Male gender and treatment response levels are statistically significant predictors of thyroid cancer recurrence. Male patients have approximately 11 times higher odds of recurrence compared to female patients, holding all other variables constant. Additionally, patients with excellent and intermediate responses to treatment have a less than 1% chance of cancer recurrence.
This plot shows which features most strongly influence predictions in the xgboost model.
Validation
The validation process employs 10-fold cross-validation to assess model performances. This approach splits the training data into 10 subsets, trains the model on 9 fold, and evaluated on the last remaining fold. The process is repeated 10 times, ensuring that each data point is used for both training and validation. Cross training helps mitigate overfitting.
Confusion Matrix for logit :
Truth
Prediction No Yes
No 55 3
Yes 0 19
Confusion Matrix for rf :
Truth
Prediction No Yes
No 54 0
Yes 1 22
Confusion Matrix for xgboost :
Truth
Prediction No Yes
No 54 0
Yes 1 22
This plot helps identify which model performed best on each metric.
Conclusion
This analysis explored the prediction of thyroid cancer recurrence following Radioactive Iodine (RAI) therapy using logistic regression, random forest, and XGBoost. After evaluating model performance with cross-validation and multiple metrics (F1 score, ROC AUC, Brier score, and Matthews Correlation Coefficient), all three models demonstrated reasonable classification ability, with differences in performance depending on the metric used.
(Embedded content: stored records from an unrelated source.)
//! Cuts a capture into parts that begin between exchanges: NAME-001.csv, NAME-002.csv and so on.
//!
//! A part begins with a byte of the controller that follows one of the deck. Each part is a capture.

use crate::digits::number_up_to;
use crate::fault::{Refusal, Wrong};
use crate::write::{CaptureWriter, RowFault};
use capture9::{CaptureError, GREATEST_LIMIT, LineByte, MOST_ROWS, Records, Wire};
use itoa::Buffer;
use std::alloc::{AllocError, Global};
use std::io::{self, Read, Write};

/// The most rows of a part where the words say no other number, and the most that they can say: as many as a capture may have that is
/// judged to its first break.
const MOST_PART_ROWS: u64 = MOST_ROWS as u64;

/// What the words say of a split, as they stand.
#[derive(Clone, Copy)]
pub struct SplitWords<'a> {
    /// What the parts are called.
    pub name: Option<&'a str>,
    /// The most rows of a part, from 1 to 4,000,000.
    pub rows: Option<&'a str>,
}

/// What became of a split.
#[derive(Drop)]
pub struct Split {
    /// How many parts there are now. Where it ended early, all but the last are whole, and each is a capture.
    pub parts: u32,
    /// Why it ended early, where it did.
    pub fault: Option<SplitFault>,
}

/// Why a split ended early.
#[derive(Drop)]
pub enum SplitFault {
    /// A word is wrong, the capture has no place to cut, or a part can't be made or written.
    Refused(Refusal),
    /// The capture can't be read on.
    Capture(CaptureError),
    /// A growth of memory was refused.
    OutOfMemory,
}

/// A capture that is cut.
#[derive(Drop)]
struct Splitter<'a, P: Write + Drop> {
    alloc: Global,
    name: &'a str,
    most_rows: u64,
    /// The rows since the last place to cut.
    waiting: Vec<LineByte>,
    before: Option<Wire>,
    /// How many rows were read.
    row: u32,
    part: Option<Part<P>>,
    parts: u32,
}

/// The part that is written.
#[derive(Drop)]
struct Part<P: Write + Drop> {
    capture: CaptureWriter<P>,
    rows: u64,
}

/// Cuts the capture that the reader gives. Each part is made by `make`, which is asked with its name and must not give a file that was
/// there before.
pub fn split_capture<R: Read + Drop, P: Write + Drop, F: Fn(&str) -> io::Result<P>>(
    alloc: Global,
    reader: R,
    words: SplitWords<'_>,
    make: &F,
) -> Split
    requires { F.IsAlwaysCallable make.now }
{
    let (name, most_rows) = match check_words(alloc, words) {
        Ok(both) => both,
        Err(fault) => {
            return Split {
                parts: 0,
                fault: Some(fault),
            };
        }
    };
    let mut splitter = Splitter {
        alloc,
        name,
        most_rows,
        waiting: Vec::new(alloc),
        before: None,
        row: 0,
        part: None,
        parts: 0,
    };
    let fault = splitter.take_all(reader, make).err();
    Split {
        parts: splitter.parts,
        fault,
    }
}

/// The name of the parts, and their most rows.
fn check_words<'a>(alloc: Global, words: SplitWords<'a>) -> Result<(&'a str, u64), SplitFault> {
    let name = words.name.unwrap_or("");
    if name.is_empty() {
        return Err(refused(alloc, 0, Wrong::Words, &["--to NAME is missing"]));
    }
    match rows_named(words.rows) {
        Some(most_rows) => Ok((name, most_rows)),
        None => {
            let pieces = [
                "--rows is no number from 1 to 4000000: ",
                words.rows.unwrap_or(""),
            ];
            Err(refused(alloc, 0, Wrong::Words, &pieces))
        }
    }
}

/// The fault that something is wrong at the line with this number, told in these pieces.
fn refused(alloc: Global, line: u64, wrong: Wrong, pieces: &[&str]) -> SplitFault {
    match put_together(alloc, pieces) {
        Ok(text) => SplitFault::Refused(Refusal { line, wrong, text }),
        Err(_) => SplitFault::OutOfMemory,
    }
}

/// The pieces in one text.
fn put_together(alloc: Global, pieces: &[&str]) -> Result<String, AllocError> {
    let mut text = String::new(alloc);
    for piece in pieces {
        text.push_str(piece)?;
    }
    Ok(text)
}

/// The most rows of a part that a word names.
fn rows_named(word: Option<&str>) -> Option<u64> {
    let word = word.unwrap_or("");
    if word.is_empty() {
        return Some(MOST_PART_ROWS);
    }
    number_up_to(word.as_bytes(), MOST_PART_ROWS)
}

/// The name of the part with this number, counted from 1.
pub fn part_name(alloc: Global, name: &str, number: u32) -> Result<String, AllocError> {
    let mut text = String::from_str(alloc, name)?;
    text.push_str(match number {
        0..=9 => "-00",
        10..=99 => "-0",
        _ => "-",
    })?;
    text.push_str(Buffer::new().format(number))?;
    text.push_str(".csv")?;
    Ok(text)
}

impl<P: Write + Drop> Splitter<'_, P> {
    /// Takes all records of the capture, and ends the last part.
    fn take_all<R: Read + Drop, F: Fn(&str) -> io::Result<P>>(
        &mut self,
        reader: R,
        make: &F,
    ) -> Result<(), SplitFault>
        requires { F.IsAlwaysCallable make.now }
    {
        let mut records = Records::new(self.alloc, reader, GREATEST_LIMIT);
        for _ in 0..u64::MAX {
            match records.next() {
                Ok(Some(record)) => self.take(record, make)?,
                Ok(None) => break,
                Err(e) => return Err(SplitFault::Capture(e)),
            }
        }
        self.hand_on(make)?;
        self.end_part()
    }

    /// Takes the next record.
    fn take<F: Fn(&str) -> io::Result<P>>(
        &mut self,
        record: LineByte,
        make: &F,
    ) -> Result<(), SplitFault>
        requires { F.IsAlwaysCallable make.now }
    {
        self.row = self.row.saturating_add(1);
        if record.wire == Wire::Controller && self.before == Some(Wire::Deck) {
            self.hand_on(make)?;
        }
        self.before = Some(record.wire);
        if self.waiting.len() as u64 >= self.most_rows {
            return Err(self.without_place());
        }
        match self.waiting.push(record) {
            Ok(()) => Ok(()),
            Err(_) => Err(SplitFault::OutOfMemory),
        }
    }

    /// Puts the rows that wait into the part, or into the next one where they find no room there.
    fn hand_on<F: Fn(&str) -> io::Result<P>>(&mut self, make: &F) -> Result<(), SplitFault>
        requires { F.IsAlwaysCallable make.now }
    {
        let more = self.waiting.len() as u64;
        let has_room = match &self.part {
            Some(part) => part.rows.saturating_add(more) <= self.most_rows,
            None => false,
        };
        if !has_room {
            self.end_part()?;
            self.begin_part(make)?;
        }
        let put = match &mut self.part {
            Some(part) => part.put_all(self.waiting.as_slice()),
            None => Ok(()),
        };
        self.waiting.clear();
        put.map_err(|fault| self.not_written(fault))
    }

    /// Begins the next part.
    fn begin_part<F: Fn(&str) -> io::Result<P>>(&mut self, make: &F) -> Result<(), SplitFault>
        requires { F.IsAlwaysCallable make.now }
    {
        let number = self.parts.saturating_add(1);
        let name = part_name(self.alloc, self.name, number)?;
        let file = match make(name.as_str()) {
            Ok(file) => file,
            Err(e) => return Err(self.not_made(name.as_str(), e.kind())),
        };
        self.parts = number;
        match CaptureWriter::begin(file) {
            Ok(capture) => self.part = Some(Part { capture, rows: 0 }),
            Err(fault) => return Err(self.not_written(fault)),
        }
        Ok(())
    }

    /// Ends the part that is written, where there is one.
    fn end_part(&mut self) -> Result<(), SplitFault> {
        match self.part.take() {
            Some(part) => match part.capture.end() {
                Ok(_) => Ok(()),
                Err(fault) => Err(self.not_written(fault)),
            },
            None => Ok(()),
        }
    }

    /// The fault that there are more rows between two places to cut than a part may have; the last row is one too many.
    fn without_place(&self) -> SplitFault {
        let mut digits = Buffer::new();
        let rows = digits.format(self.most_rows);
        self.refused(
            Wrong::Export,
            &["no place between exchanges in ", rows, " rows"],
        )
    }

    /// The fault that a part can't be made, for a reason of this kind.
    fn not_made(&self, name: &str, kind: io::ErrorKind) -> SplitFault {
        let why = match kind {
            io::ErrorKind::AlreadyExists => " is there already, and is left as it is",
            _ => " can't be written",
        };
        self.refused(Wrong::Part, &["the part ", name, why])
    }

    /// The fault that the last part can't be written, for this reason. The records of a capture are in order, so each part can have them.
    fn not_written(&self, fault: RowFault) -> SplitFault {
        if fault == RowFault::OutOfMemory {
            return SplitFault::OutOfMemory;
        }
        match part_name(self.alloc, self.name, self.parts) {
            Ok(name) => self.not_made(name.as_str(), io::ErrorKind::Other),
            Err(_) => SplitFault::OutOfMemory,
        }
    }

    /// The fault that something is wrong at the last row, told in these pieces.
    fn refused(&self, wrong: Wrong, pieces: &[&str]) -> SplitFault {
        refused(
            self.alloc,
            u64::from(self.row).saturating_add(1),
            wrong,
            pieces,
        )
    }
}

impl<P: Write + Drop> Part<P> {
    /// Writes these rows.
    fn put_all(&mut self, records: &[LineByte]) -> Result<(), RowFault> {
        for record in records {
            self.capture.put(*record)?;
        }
        self.rows = self.rows.saturating_add(records.len() as u64);
        Ok(())
    }
}

impl From<AllocError> for SplitFault {
    fn from(_: AllocError) -> SplitFault {
        SplitFault::OutOfMemory
    }
}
Logistic regression revealed that male gender and treatment response were statistically significant predictors of recurrence. Specifically, male patients had approximately 11 times higher odds of experiencing cancer recurrence compared to female patients, when controlling for other variables. Patients who showed an Excellent or Indeterminate response to treatment had substantially lower odds of recurrence, less than 1% of the odds compared to the reference group.
Among the models, random forest showed the strongest predictive performance. However, model selection should be informed by the context in which predictions are used. For example, in clinical settings, minimizing false negatives may be more critical than overall accuracy.
Limitations of this study include a moderate sample size (n = 383) and some class imbalance between recurrence outcomes. Future work could benefit from external validation using a separate dataset, incorporating additional clinical variables, and potentially using ensemble methods or calibration techniques to refine probability estimates.
In summary, predictive modeling can provide valuable support in identifying patients at higher risk of recurrence, aiding clinicians in tailoring follow-up strategies and treatment plans more effectively.